* _PROBLEM DETAILS_
All lines of the listing that contain "floors" should be shown in full.

* _EXTRACTED MATERIAL_
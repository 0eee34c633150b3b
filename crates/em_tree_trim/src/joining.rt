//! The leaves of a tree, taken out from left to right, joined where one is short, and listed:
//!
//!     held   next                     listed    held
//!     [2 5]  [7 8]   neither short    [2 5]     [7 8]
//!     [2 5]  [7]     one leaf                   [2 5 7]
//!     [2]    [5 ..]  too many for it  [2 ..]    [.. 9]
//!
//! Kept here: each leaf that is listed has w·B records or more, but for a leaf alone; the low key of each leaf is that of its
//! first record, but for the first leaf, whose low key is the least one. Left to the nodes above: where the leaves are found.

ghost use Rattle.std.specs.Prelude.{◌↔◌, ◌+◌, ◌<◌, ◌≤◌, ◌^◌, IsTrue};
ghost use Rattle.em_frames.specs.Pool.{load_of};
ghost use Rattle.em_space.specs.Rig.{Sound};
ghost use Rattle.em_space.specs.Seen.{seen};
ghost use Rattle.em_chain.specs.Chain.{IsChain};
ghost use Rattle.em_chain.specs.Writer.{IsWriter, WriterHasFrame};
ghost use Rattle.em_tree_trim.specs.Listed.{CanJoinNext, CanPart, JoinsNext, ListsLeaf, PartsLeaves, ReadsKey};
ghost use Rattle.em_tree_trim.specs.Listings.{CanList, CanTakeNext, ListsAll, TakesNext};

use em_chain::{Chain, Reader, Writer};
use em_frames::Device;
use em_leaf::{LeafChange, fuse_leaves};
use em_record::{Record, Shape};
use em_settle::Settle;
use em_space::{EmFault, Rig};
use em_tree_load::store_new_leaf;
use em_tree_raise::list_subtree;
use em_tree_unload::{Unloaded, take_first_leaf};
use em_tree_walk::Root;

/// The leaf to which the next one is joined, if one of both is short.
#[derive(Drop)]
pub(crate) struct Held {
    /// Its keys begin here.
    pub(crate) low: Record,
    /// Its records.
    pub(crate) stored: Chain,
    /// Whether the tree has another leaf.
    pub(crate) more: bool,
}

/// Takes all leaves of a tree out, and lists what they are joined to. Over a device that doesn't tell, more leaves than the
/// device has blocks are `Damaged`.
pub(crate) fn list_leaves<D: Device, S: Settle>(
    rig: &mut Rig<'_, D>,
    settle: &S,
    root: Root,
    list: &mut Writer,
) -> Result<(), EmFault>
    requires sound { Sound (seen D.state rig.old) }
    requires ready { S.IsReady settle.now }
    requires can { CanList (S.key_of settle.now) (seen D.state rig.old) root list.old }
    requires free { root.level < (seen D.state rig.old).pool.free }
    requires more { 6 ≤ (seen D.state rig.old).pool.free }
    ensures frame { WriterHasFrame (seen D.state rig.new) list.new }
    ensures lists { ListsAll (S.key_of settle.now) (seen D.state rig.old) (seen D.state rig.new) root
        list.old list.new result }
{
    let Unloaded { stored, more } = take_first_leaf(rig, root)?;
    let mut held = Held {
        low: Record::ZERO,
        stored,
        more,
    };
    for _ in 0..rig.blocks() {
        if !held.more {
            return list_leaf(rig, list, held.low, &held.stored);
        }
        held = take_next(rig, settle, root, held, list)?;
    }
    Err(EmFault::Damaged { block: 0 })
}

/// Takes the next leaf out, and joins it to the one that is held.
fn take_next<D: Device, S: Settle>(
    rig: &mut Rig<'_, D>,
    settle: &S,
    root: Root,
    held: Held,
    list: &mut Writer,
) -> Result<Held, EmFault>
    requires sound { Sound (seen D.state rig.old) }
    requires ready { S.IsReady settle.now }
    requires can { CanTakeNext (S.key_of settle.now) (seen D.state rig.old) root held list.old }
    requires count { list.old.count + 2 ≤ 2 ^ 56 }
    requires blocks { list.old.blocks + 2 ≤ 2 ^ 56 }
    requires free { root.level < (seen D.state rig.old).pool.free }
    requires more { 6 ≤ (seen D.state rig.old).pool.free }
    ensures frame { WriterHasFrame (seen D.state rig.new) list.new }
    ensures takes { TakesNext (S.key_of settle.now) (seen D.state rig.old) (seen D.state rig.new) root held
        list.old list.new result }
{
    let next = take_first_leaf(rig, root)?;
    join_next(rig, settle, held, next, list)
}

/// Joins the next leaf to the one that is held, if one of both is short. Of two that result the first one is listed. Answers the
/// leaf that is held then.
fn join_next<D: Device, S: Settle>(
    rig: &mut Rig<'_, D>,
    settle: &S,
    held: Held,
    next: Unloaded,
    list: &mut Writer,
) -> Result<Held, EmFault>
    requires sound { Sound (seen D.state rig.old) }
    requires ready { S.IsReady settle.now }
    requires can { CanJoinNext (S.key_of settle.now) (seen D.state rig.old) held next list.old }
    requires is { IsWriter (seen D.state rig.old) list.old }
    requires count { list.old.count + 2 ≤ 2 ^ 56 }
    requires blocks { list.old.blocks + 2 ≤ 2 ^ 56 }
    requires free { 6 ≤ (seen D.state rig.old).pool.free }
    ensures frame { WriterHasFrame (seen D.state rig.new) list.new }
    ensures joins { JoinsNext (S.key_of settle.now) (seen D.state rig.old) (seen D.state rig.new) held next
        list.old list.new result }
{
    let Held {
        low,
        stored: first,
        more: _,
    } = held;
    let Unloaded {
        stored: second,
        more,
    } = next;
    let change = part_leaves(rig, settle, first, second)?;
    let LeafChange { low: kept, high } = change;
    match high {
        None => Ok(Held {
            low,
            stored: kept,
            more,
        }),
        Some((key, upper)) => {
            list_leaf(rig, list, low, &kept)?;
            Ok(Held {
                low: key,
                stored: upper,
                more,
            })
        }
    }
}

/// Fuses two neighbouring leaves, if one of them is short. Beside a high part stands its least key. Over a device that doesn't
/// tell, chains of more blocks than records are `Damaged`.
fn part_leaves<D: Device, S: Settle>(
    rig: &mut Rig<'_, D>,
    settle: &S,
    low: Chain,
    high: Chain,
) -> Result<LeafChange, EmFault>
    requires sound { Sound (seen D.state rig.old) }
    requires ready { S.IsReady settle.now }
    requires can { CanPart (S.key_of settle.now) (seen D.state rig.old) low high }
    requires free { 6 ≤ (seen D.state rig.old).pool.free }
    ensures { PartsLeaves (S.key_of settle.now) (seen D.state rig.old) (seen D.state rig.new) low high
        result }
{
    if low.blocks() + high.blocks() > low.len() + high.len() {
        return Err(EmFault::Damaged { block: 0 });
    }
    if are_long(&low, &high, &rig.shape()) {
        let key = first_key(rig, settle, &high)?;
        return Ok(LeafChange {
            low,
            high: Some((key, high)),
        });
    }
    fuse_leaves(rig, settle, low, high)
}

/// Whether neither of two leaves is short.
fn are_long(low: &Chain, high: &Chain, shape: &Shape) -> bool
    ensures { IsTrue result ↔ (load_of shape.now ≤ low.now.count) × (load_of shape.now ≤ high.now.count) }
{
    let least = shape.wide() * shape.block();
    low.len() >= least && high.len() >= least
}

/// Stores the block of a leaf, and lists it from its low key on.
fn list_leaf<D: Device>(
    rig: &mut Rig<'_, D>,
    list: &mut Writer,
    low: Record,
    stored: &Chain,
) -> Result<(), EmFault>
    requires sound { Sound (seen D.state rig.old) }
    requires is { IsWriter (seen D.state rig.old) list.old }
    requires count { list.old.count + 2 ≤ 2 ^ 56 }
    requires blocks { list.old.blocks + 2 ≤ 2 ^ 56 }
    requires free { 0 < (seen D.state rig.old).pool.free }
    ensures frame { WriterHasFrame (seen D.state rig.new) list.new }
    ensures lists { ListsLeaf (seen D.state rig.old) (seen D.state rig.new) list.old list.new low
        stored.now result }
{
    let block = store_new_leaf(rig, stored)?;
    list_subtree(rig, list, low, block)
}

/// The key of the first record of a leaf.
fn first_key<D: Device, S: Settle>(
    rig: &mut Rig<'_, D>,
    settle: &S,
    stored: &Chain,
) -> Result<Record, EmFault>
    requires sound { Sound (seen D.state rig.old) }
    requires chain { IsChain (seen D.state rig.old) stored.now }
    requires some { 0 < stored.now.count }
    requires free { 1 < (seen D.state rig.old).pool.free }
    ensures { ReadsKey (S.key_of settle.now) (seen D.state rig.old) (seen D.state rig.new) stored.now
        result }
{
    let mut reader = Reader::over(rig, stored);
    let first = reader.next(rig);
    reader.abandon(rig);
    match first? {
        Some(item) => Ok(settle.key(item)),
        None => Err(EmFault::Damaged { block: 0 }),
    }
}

...

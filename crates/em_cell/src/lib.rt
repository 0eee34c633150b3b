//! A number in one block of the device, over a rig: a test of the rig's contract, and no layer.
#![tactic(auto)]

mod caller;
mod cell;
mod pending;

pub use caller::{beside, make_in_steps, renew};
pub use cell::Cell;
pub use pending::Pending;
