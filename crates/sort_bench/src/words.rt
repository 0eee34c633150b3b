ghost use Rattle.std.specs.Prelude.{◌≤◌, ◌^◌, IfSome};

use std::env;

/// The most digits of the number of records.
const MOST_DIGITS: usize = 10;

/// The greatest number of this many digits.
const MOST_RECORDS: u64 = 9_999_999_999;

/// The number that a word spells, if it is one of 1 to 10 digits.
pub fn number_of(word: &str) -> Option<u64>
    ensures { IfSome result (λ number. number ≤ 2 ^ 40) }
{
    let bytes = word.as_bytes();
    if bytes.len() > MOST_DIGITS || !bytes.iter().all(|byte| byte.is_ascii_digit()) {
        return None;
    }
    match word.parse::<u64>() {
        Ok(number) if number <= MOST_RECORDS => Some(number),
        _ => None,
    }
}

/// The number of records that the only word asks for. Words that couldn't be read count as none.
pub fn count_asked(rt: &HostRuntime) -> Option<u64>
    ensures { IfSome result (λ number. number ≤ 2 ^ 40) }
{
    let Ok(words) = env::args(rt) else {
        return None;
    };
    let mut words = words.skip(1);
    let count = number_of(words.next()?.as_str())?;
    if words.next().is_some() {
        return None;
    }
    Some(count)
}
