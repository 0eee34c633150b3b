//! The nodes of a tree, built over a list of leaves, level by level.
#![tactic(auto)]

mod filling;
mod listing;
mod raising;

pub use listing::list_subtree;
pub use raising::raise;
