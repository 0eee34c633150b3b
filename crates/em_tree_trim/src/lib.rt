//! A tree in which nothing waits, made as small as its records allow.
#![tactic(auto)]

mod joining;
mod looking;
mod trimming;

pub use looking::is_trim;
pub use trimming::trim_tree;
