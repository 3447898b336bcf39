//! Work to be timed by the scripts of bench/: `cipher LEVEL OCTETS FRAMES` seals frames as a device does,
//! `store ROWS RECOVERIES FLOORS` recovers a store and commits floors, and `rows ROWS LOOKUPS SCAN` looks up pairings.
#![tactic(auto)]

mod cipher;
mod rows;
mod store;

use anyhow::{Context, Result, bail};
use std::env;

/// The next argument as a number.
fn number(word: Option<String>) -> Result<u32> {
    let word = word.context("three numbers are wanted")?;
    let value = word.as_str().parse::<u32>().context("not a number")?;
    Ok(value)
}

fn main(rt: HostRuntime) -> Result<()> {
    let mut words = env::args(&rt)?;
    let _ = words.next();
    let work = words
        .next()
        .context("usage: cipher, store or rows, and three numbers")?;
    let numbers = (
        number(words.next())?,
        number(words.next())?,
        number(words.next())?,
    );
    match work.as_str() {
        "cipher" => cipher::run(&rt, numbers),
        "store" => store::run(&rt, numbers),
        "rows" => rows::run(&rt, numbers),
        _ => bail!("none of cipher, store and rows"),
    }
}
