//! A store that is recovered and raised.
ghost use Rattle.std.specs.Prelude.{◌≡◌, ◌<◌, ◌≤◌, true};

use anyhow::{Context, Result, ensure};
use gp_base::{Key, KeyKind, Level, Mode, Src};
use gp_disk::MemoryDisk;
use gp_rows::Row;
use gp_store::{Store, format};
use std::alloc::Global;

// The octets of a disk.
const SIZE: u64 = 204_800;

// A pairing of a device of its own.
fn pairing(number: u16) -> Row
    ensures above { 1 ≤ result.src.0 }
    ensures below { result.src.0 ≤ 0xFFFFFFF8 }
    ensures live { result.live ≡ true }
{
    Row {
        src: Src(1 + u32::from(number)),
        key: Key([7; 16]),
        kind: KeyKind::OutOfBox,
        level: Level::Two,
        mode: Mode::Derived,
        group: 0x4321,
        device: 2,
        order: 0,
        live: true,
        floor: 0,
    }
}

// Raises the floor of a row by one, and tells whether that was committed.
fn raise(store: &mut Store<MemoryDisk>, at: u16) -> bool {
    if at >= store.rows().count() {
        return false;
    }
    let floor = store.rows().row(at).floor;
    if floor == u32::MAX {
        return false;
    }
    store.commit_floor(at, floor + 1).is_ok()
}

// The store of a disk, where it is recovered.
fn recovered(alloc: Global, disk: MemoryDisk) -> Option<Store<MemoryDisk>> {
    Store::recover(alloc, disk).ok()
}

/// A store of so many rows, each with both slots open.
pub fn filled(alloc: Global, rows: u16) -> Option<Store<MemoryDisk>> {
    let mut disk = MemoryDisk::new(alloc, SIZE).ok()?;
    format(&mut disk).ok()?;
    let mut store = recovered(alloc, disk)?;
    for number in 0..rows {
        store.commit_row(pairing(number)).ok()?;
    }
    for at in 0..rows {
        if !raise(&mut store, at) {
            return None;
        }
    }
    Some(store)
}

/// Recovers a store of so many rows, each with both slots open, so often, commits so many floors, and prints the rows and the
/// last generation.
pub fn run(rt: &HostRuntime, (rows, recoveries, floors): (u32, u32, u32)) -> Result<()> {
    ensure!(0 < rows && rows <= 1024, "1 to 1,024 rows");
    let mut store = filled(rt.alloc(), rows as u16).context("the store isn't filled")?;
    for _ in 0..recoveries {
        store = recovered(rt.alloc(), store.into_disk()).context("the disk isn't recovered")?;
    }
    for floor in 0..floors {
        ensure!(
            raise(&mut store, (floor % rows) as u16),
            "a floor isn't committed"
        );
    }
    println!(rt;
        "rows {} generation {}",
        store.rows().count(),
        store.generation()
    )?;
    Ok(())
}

* _EXERCISE OUTPUT_
//! `store ROWS RECOVERIES FLOORS` recovers a store and commits floors, and `rows ROWS LOOKUPS SCAN` looks up pairings.
/// Recovers a store of so many rows, each with both slots open, so often, commits so many floors, and prints the rows and the
pub fn run(rt: &HostRuntime, (rows, recoveries, floors): (u32, u32, u32)) -> Result<()> {
    for floor in 0..floors {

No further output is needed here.